Description
The Insert/Update step first looks up a row in a table using one or more lookup keys. If the row can't be found, it inserts the row. If it can be found and the fields to update are the same, nothing is done. If they are not all the same, the row in the table is updated.
Note: If you have multiple rows with the same keys that match, only the first row found is compared. This may lead to different results, depending on if the found row matches with given values or not. The update scenario looks like this: If a difference is found in the case of multiple rows with the same key, an UPDATE statement is fired against the database that updates all rows with the matching keys. This note also applies to the Update step.
Options
The table below provides a description of available options for the Insert/Update step:
Option |
Description |
---|---|
Step name |
Name of the step; this name has to be unique in a single transformation. |
Connection |
The database connection to which data is written |
Target schema |
The name of the Schema for the table to which data is written. This is important for data sources that allow for table names with periods in them. |
Target table |
Name of the table in which you want to do the insert or update. |
Commit size |
The number of rows to change (insert / update) before running a commit. |
Don't perform any updates |
If enabled, the values in the database are never updated;only inserts are performed. |
Key Lookup table |
Allows you to specify a list of field values and comparators. You can use the following comparators: =, = ~NULL, <>, <, <=, >, >=, LIKE, BETWEEN, IS NULL, IS NOT NULL
|
Update Fields |
Allows you to specify all fields in the table you want to insert/update including the keys. Avoid updates on certain fields by specifying N in the update column.
|
SQL button |
Click SQL to generate the SQL to create the table and indexes for correct operation. |
Note: Due to the extra lookup this step performs slower then a normal Table Output step. Another option is to use the Table Output step with error handling what is described in the chapter Step Error Handling. "If you put a primary key on the ID (in this case the customer ID) the insert into the table causes an error. Because of the error handling you can pass the rows in error to the update step. Preliminary tests have shown this strategy of performing upserts to be three times faster in some situations (with a low updates to inserts ratio)."

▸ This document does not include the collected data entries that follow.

//! A host in memory without faults.
ghost use Rattle.std.specs.Prelude.{◌≡◌, ◌⊎◌, ◌<◌, ◌≤◌, ◌+◌, ◌^◌, true, false, length, take, Some, None, Ok, IfOk, IsTrue, IsFalse};
ghost use Rattle.kh_io.specs.Call.{Take, Give, Len, ReadAt, WriteAt, Cut, Sync};
ghost use Rattle.kh_io.specs.Disk.{IsReadAt, AreImages};
ghost use Rattle.kh_io.specs.Replay.{AreFilled};
ghost use Rattle.kh_io.specs.Memory.{blank, take_len, read_len};
ghost use Rattle.kh_io.specs.Recording.{left_after, given_in, seen_after, image_after, HasRoom};

use crate::journal::Entry;
use crate::recorder::{Recorder, read_count};
use crate::{Disk, Failed, Files, Host, NoMemory};
use std::alloc::Global;
use std::marker::Model;

/// A host in memory whose calls never fail.
///
/// It takes its memory when it is made, as a `MemoryHost` does. A call past the room keeps nothing: it reads 0 bytes,
/// a length of 0, or takes the whole piece. From then on each call is past the room, and nothing is told.
#[derive(Drop)]
pub struct SoundHost {
    recorder: Recorder,
    past: bool,
}

impl Model for SoundHost {
    ghost use Rattle.kh_io.specs.Sound.{Sound};

    ghost Value = { Sound };

    ghost view = { λ h. record { tape = h.recorder; past = h.past } };
}

impl SoundHost {
    /// A host with this input and these files.
    pub fn new(
        alloc: Global,
        input: Vec<u8>,
        files: Files,
        room: u64,
    ) -> Result<SoundHost, NoMemory>
        ensures { IfOk result (λ h. h ≡ record {
          tape = blank input.items files room;
          past = false;
        }) }
    {
        Ok(SoundHost {
            recorder: Recorder::new(alloc, input, files, room)?,
            past: false,
        })
    }

    /// What the sink has taken in the calls within the room.
    pub fn output(&self) -> &[u8]
        ensures { result.now ≡ given_in self.now.tape.calls }
    {
        self.recorder.output()
    }

    /// The number of calls made, without those past the room.
    pub fn calls(&self) -> u64
        ensures { result ≡ length self.now.tape.calls }
    {
        self.recorder.calls() as u64
    }

    /// The crash image after the first calls in which each file has the length that a read finds then, and each byte
    /// that isn't yet safe is as written, or this byte.
    pub fn image(&self, calls: u64, fill: Option<u8>) -> Result<Files, NoMemory>
        requires { calls ≤ length self.now.tape.calls }
        ensures filled { IfOk result (AreFilled self.now.tape.first
            (take calls self.now.tape.calls) fill) }
        ensures image { IfOk result (AreImages
            (image_after self.now.tape.first (take calls self.now.tape.calls))) }
    {
        self.recorder.image(calls as usize, fill)
    }
}

impl Disk for SoundHost {
    ghost use Rattle.kh_io.specs.Laws.{sound_seen_is_left, sound_untold, sound_stamp_is, sound_now_since, sound_since_now, now_of};
    ghost use Rattle.kh_io.specs.Sound.{sound_view, with_call, gone};

    ghost view = { sound_view };

    ghost seen_is_image = { λ h file bytes lt same. sound_seen_is_left h file bytes same };

    ghost untold_is_not_left = { λ h file bytes _ same image. sound_untold h file bytes same image };

    ghost stamp_counts = { λ h bytes same. sound_stamp_is h bytes same };

    ghost counts_now = { λ h t files le images. sound_now_since h t files le images };

    ghost only_now = { λ h files s left. now_of (sound_view h) files s (sound_since_now h files s left) };

    fn len(&mut self, file: u8) -> Result<u64, Failed>
        requires { file < 4 }
        ensures past { IsTrue self.old.past ⊎ (HasRoom self.old.tape 0 → ⊥) → (result ≡ Ok 0)
            × (self.new ≡ gone self.old) }
        ensures done { IsFalse self.old.past → HasRoom self.old.tape 0
            → (result ≡ Ok (length (seen_after self.old.tape.first self.old.tape.calls file)))
            × (self.new ≡ with_call self.old
            (Len file
            (Some (length (seen_after self.old.tape.first self.old.tape.calls file))))) }
    {
        if self.past || !self.recorder.fits(0) {
            self.past = true;
            return Ok(0);
        }
        let len = self.recorder.file(file).len() as u64;
        let entry = Entry::Asked {
            file,
            len: Some(len),
        };
        self.recorder.note(entry, &[]);
        Ok(len)
    }

    fn read_at(&mut self, file: u8, at: u64, into: &mut [u8]) -> Result<usize, Failed>
        requires { file < 4 }
        ensures past { IsTrue self.old.past
            ⊎ (HasRoom self.old.tape (read_len self.old.tape file at (length into.old)) → ⊥)
            → (result ≡ Ok 0) × (self.new ≡ gone self.old) }
        ensures done { IsFalse self.old.past
            → HasRoom self.old.tape (read_len self.old.tape file at (length into.old))
            → (result ≡ Ok (read_len self.old.tape file at (length into.new)))
            × IsReadAt (seen_after self.old.tape.first self.old.tape.calls file) at
            (read_len self.old.tape file at (length into.new)) into.new
            × (self.new ≡ with_call self.old
            (ReadAt file at (length into.new)
            (Some (take (read_len self.old.tape file at (length into.new)) into.new)))) }
    {
        let count = read_count(self.recorder.file(file).len(), at, into.len());
        if self.past || !self.recorder.fits(count) {
            self.past = true;
            return Ok(0);
        }
        self.recorder.read(file, at, into, count);
        Ok(count)
    }

    fn write_at(&mut self, file: u8, at: u64, bytes: &[u8]) -> Result<(), Failed>
        requires file { file < 4 }
        requires start { IsFalse self.old.past
            → at ≤ length (seen_after self.old.tape.first self.old.tape.calls file) }
        requires end { at + length bytes.now ≤ 2 ^ 62 }
        ensures past { IsTrue self.old.past ⊎ (HasRoom self.old.tape (length bytes.now) → ⊥)
            → (result ≡ Ok tt) × (self.new ≡ gone self.old) }
        ensures done { IsFalse self.old.past → HasRoom self.old.tape (length bytes.now)
            → (result ≡ Ok tt) × (self.new ≡ with_call self.old (WriteAt file at bytes.now true)) }
    {
        if self.past || !self.recorder.fits(bytes.len()) {
            self.past = true;
            return Ok(());
        }
        self.recorder.write(file, at, bytes);
        Ok(())
    }

    fn cut(&mut self, file: u8, len: u64) -> Result<(), Failed>
        requires file { file < 4 }
        requires len { IsFalse self.old.past
            → len ≤ length (seen_after self.old.tape.first self.old.tape.calls file) }
        ensures past { IsTrue self.old.past ⊎ (HasRoom self.old.tape 0 → ⊥) → (result ≡ Ok tt)
            × (self.new ≡ gone self.old) }
        ensures done { IsFalse self.old.past → HasRoom self.old.tape 0
            → (result ≡ Ok tt) × (self.new ≡ with_call self.old (Cut file len true)) }
    {
        if self.past || !self.recorder.fits(0) {
            self.past = true;
            return Ok(());
        }
        self.recorder.cut(file, len);
        Ok(())
    }

    fn sync(&mut self, file: u8) -> Result<(), Failed>
        requires { file < 4 }
        ensures past { IsTrue self.old.past ⊎ (HasRoom self.old.tape 0 → ⊥) → (result ≡ Ok tt)
            × (self.new ≡ gone self.old) }
        ensures done { IsFalse self.old.past → HasRoom self.old.tape 0
            → (result ≡ Ok tt) × (self.new ≡ with_call self.old (Sync file true)) }
    {
        if self.past || !self.recorder.fits(0) {
            self.past = true;
            return Ok(());
        }
        self.recorder.note(Entry::Synced { file, done: true }, &[]);
        Ok(())
    }
}

impl Host for SoundHost {
    ghost use Rattle.kh_io.specs.Sound.{with_call, gone};

    fn take(&mut self, into: &mut [u8]) -> Result<usize, Failed>
        ensures past { IsTrue self.old.past
            ⊎ (HasRoom self.old.tape (take_len self.old.tape (length into.old)) → ⊥)
            → (result ≡ Ok 0) × (self.new ≡ gone self.old) }
        ensures done { IsFalse self.old.past
            → HasRoom self.old.tape (take_len self.old.tape (length into.old))
            → (result ≡ Ok (take_len self.old.tape (length into.new)))
            × (take (take_len self.old.tape (length into.new)) into.new ≡ take
            (take_len self.old.tape (length into.new))
            (left_after self.old.tape.input self.old.tape.calls))
            × (self.new ≡ with_call self.old
            (Take (length into.new) (Some (take
            (take_len self.old.tape (length into.new)) into.new)))) }
    {
        let count = into.len().min(self.recorder.left());
        if self.past || !self.recorder.fits(count) {
            self.past = true;
            return Ok(0);
        }
        self.recorder.take(into, count);
        Ok(count)
    }

    fn give(&mut self, bytes: &[u8]) -> Result<usize, Failed>
        ensures past { IsTrue self.old.past ⊎ (HasRoom self.old.tape (length bytes.now) → ⊥)
            → (result ≡ Ok (length bytes.now)) × (self.new ≡ gone self.old) }
        ensures done { IsFalse self.old.past → HasRoom self.old.tape (length bytes.now)
            → (result ≡ Ok (length bytes.now))
            × (self.new ≡ with_call self.old (Give bytes.now (Some (length bytes.now)))) }
    {
        if self.past || !self.recorder.fits(bytes.len()) {
            self.past = true;
            return Ok(bytes.len());
        }
        self.recorder.give(bytes);
        Ok(bytes.len())
    }
}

Metadata Injection Support (7.x and later)
All fields of this step support metadata injection. You can use this step with ETL Metadata Injection to pass metadata to your transformation at runtime.
7 Comments
user-1770a
In PostreSQL DB, when you put a number in commit size, if error occures, and you catch exception in a file, you will get generic error:
"ERROR: current transaction is aborted, commands ignored until end of transaction block"
If you leave commit size empty, you will get SQL error.
It seems it has something to do with implicit/explicit begin-commit in JDBC.
user-7d1f5
I believe some clarification is needed on the behaviour of the "update field" column. If a field is flagged as 'N' will it only be not updated/inserted OR will it also not be taken into consideration to decide whether the record has changed compare to a possible matching row found in the table.
user-bc2f5
When doing a large load/update (50,000+ rows) into a database, would it speed up or slow down the inserts/updates if the "Commit size" field was smaller? Example, I have a large, 50,000 record process running that does a lookup, insert, lookup, insert, and then update. The commit size is set to 100 so it is doing a commit after each 100 rows output to the DB. If I lowered the commit size to, say, 50, would it speed up the process? I'm thinking if it uses less memory to store the uncommitted rows, it might???
Jens Bleuel
Bryan, the commit is handled by the database. Just try it, if highering the number speeds up, it is depending on a lot of factors. Please use the forum for these types of questions.
user-706b3
> I believe some clarification is needed on the behaviour of the "update field" column. If a field is flagged as 'N' will
> it only be not updated/inserted OR will it also not be taken into consideration to decide whether the record has
> changed compare to a possible matching row found in the table.
> Comment: Posted by Jan Aertsen at Apr 25, 2010 07:14
This is an important consideration which has not been answered. If I mark an "update field" as "N", will that field not be updated when the row is updated due to change in another field which is marked "Y"?
user-053fd
Hi folks,
I looked in the source: https://github.com/pentaho/pentaho-kettle/blob/master/engine/src/org/pentaho/di/trans/steps/insertupdate/InsertUpdate.java
And here's what I see:
If a field is not in the update fields list, it will not be inserted or updated.
If a field is in the updates list, but is marked as 'N', then it is not checked to see if the record needs an update, nor is it updated if another field is marked 'Y' and has changed.
user-8ffe8
For anyone working with SQL Server, you may want to know that the comparison against GUID types mapped to Strings is done in a case-sensitive fashion. So, if you are updating a GUID value in the target table, make sure that the stream value is all caps. SQL Server will return GUIDs that way if you look them up, but if you add them into your stream as a constant you will need to make sure they are all caps.